(Task): Below are records to write out again, exactly as they read.

* * * * * * * * *

//! Whether three lists of events have an order in which each event is legal.
ghost use Rattle.std.specs.Prelude.{◌≡◌, ◌+◌, ◌^◌, ◌≤◌, ◌↔◌, [], length, IfOk, OnOk, OnErr, IsErr, IsTrue, true, false};
ghost use Rattle.af_merges.specs.Merges.{HasLegalOrder, AreShort, IsStart, merged, with_pieces};

use crate::events::Events;
use crate::pieces::{Search, extend, has_order, new_search};
use crate::search::rises;
use af_base::{ClientEvent, HandEvent, Memory, ServerEvent};
use af_model::TrackPoint;
use std::alloc::{AllocError, Global};
use std::marker::Model;

/// Whether some merge of the three lists, each in its order, is legal from the point `from`.
///
/// Each list has at most 2^30 events, each position of `from` (`flush_at` and `drop_to` among them) is below 2^62, and `from.flushes` is below 2^31.
/// `Memory` is its only error.
pub fn merge_check(
    alloc: Global,
    client: &[ClientEvent],
    server: &[ServerEvent],
    hand: &[HandEvent],
    from: &TrackPoint,
) -> Result<bool, Memory>
    requires short { AreShort client.now server.now hand.now }
    requires from { IsStart from.now }
    ensures { IfOk result (λ yes. IsTrue yes ↔ HasLegalOrder from.now client.now server.now hand.now) }
{
    let events = Events {
        client,
        server,
        hand,
        rises: rises(hand),
    };
    match has_order(alloc, &events, from) {
        Ok(yes) => Ok(yes),
        Err(AllocError) => Err(Memory),
    }
}

/// A merge of three lists that come piece by piece.
///
/// Contracts see the point that the lists begin at, the lists of all calls so far, and whether memory ran out.
#[derive(Drop)]
pub struct Merge {
    alloc: Global,
    search: Search,
    spent: bool,
}

impl Model for Merge {
    ghost use Rattle.af_merges.specs.Merges.{Merged, IsStart, merged};
    ghost use Rattle.af_merges.specs.MergeSearch.{Knows};

    ghost Value = { Merged };

    ghost view = { λ m. merged m.search.from m.search.client.items m.search.server.items m.search.hand.items m.spent };

    ghost invariant = { λ m. IsStart m.search.from × Knows m.search };
}

impl Merge {
    /// No events yet. It takes no memory.
    ///
    /// Each position of `from` is below 2^62, and `from.flushes` is below 2^31.
    pub fn new(alloc: Global, from: &TrackPoint) -> Merge
        requires { IsStart from.now }
        ensures { result ≡ merged from.now [] [] [] false }
    {
        Merge {
            alloc,
            search: new_search(alloc, from),
            spent: false,
        }
    }

    /// Adds a piece to each list, and answers what `merge_check` answers for the lists of all calls so far.
    ///
    /// Each joined list has at most 2^30 events. After `Memory` the lists are as before the call, and each later call answers `Memory`.
    pub fn extend(
        &mut self,
        client: &[ClientEvent],
        server: &[ServerEvent],
        hand: &[HandEvent],
    ) -> Result<bool, Memory>
        requires client { length self.old.client + length client.now ≤ 2 ^ 30 }
        requires server { length self.old.server + length server.now ≤ 2 ^ 30 }
        requires hand { length self.old.hand + length hand.now ≤ 2 ^ 30 }
        ensures answer { IfOk result (λ yes. IsTrue yes ↔ HasLegalOrder self.new.from self.new.client self.new.server self.new.hand) }
        ensures joined { OnOk result (self.new ≡ with_pieces self.old client.now server.now hand.now) }
        ensures as_before { OnErr result (self.new ≡ record self.old { spent = true }) }
        ensures stays { self.old.spent ≡ true → IsErr result }
    {
        if self.spent {
            return Err(Memory);
        }
        self.spent = true;
        match extend(self.alloc, &mut self.search, client, server, hand) {
            Ok(yes) => {
                self.spent = false;
                Ok(yes)
            }
            Err(AllocError) => Err(Memory),
        }
    }
}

* * * * * * * * *

(Solution below):
//! Whether three lists of events have an order in which each event is legal.
ghost use Rattle.std.specs.Prelude.{◌≡◌, ◌+◌, ◌^◌, ◌≤◌, ◌↔◌, [], length, IfOk, OnOk, OnErr, IsErr, IsTrue, true, false};
ghost use Rattle.af_merges.specs.Merges.{HasLegalOrder, AreShort, IsStart, merged, with_pieces};

use crate::events::Events;
use crate::pieces::{Search, extend, has_order, new_search};
use crate::search::rises;
use af_base::{ClientEvent, HandEvent, Memory, ServerEvent};
use af_model::TrackPoint;
use std::alloc::{AllocError, Global};
use std::marker::Model;

/// Whether some merge of the three lists, each in its order, is legal from the point `from`.
///
/// Each list has at most 2^30 events, each position of `from` (`flush_at` and `drop_to` among them) is below 2^62, and `from.flushes` is below 2^31.
/// `Memory` is its only error.
pub fn merge_check(
    alloc: Global,
    client: &[ClientEvent],
    server: &[ServerEvent],
    hand: &[HandEvent],
    from: &TrackPoint,
) -> Result<bool, Memory>
    requires short { AreShort client.now server.now hand.now }
    requires from { IsStart from.now }
    ensures { IfOk result (λ yes. IsTrue yes ↔ HasLegalOrder from.now client.now server.now hand.now) }
{
    let events = Events {
        client,
        server,
        hand,
        rises: rises(hand),
    };
    match has_order(alloc, &events, from) {
        Ok(yes) => Ok(yes),
        Err(AllocError) => Err(Memory),
    }
}

/// A merge of three lists that come piece by piece.
///
/// Contracts see the point that the lists begin at, the lists of all calls so far, and whether memory ran out.
#[derive(Drop)]
pub struct Merge {
    alloc: Global,
    search: Search,
    spent: bool,
}

impl Model for Merge {
    ghost use Rattle.af_merges.specs.Merges.{Merged, IsStart, merged};
    ghost use Rattle.af_merges.specs.MergeSearch.{Knows};

    ghost Value = { Merged };

    ghost view = { λ m. merged m.search.from m.search.client.items m.search.server.items m.search.hand.items m.spent };

    ghost invariant = { λ m. IsStart m.search.from × Knows m.search };
}

impl Merge {
    /// No events yet. It takes no memory.
    ///
    /// Each position of `from` is below 2^62, and `from.flushes` is below 2^31.
    pub fn new(alloc: Global, from: &TrackPoint) -> Merge
        requires { IsStart from.now }
        ensures { result ≡ merged from.now [] [] [] false }
    {
        Merge {
            alloc,
            search: new_search(alloc, from),
            spent: false,
        }
    }

    /// Adds a piece to each list, and answers what `merge_check` answers for the lists of all calls so far.
    ///
    /// Each joined list has at most 2^30 events. After `Memory` the lists are as before the call, and each later call answers `Memory`.
    pub fn extend(
        &mut self,
        client: &[ClientEvent],
        server: &[ServerEvent],
        hand: &[HandEvent],
    ) -> Result<bool, Memory>
        requires client { length self.old.client + length client.now ≤ 2 ^ 30 }
        requires server { length self.old.server + length server.now ≤ 2 ^ 30 }
        requires hand { length self.old.hand + length hand.now ≤ 2 ^ 30 }
        ensures answer { IfOk result (λ yes. IsTrue yes ↔ HasLegalOrder self.new.from self.new.client self.new.server self.new.hand) }
        ensures joined { OnOk result (self.new ≡ with_pieces self.old client.now server.now hand.now) }
        ensures as_before { OnErr result (self.new ≡ record self.old { spent = true }) }
        ensures stays { self.old.spent ≡ true → IsErr result }
    {
        if self.spent {
            return Err(Memory);
        }
        self.spent = true;
        match extend(self.alloc, &mut self.search, client, server, hand) {
            Ok(yes) => {
                self.spent = false;
                Ok(yes)
            }
            Err(AllocError) => Err(Memory),
        }
    }
}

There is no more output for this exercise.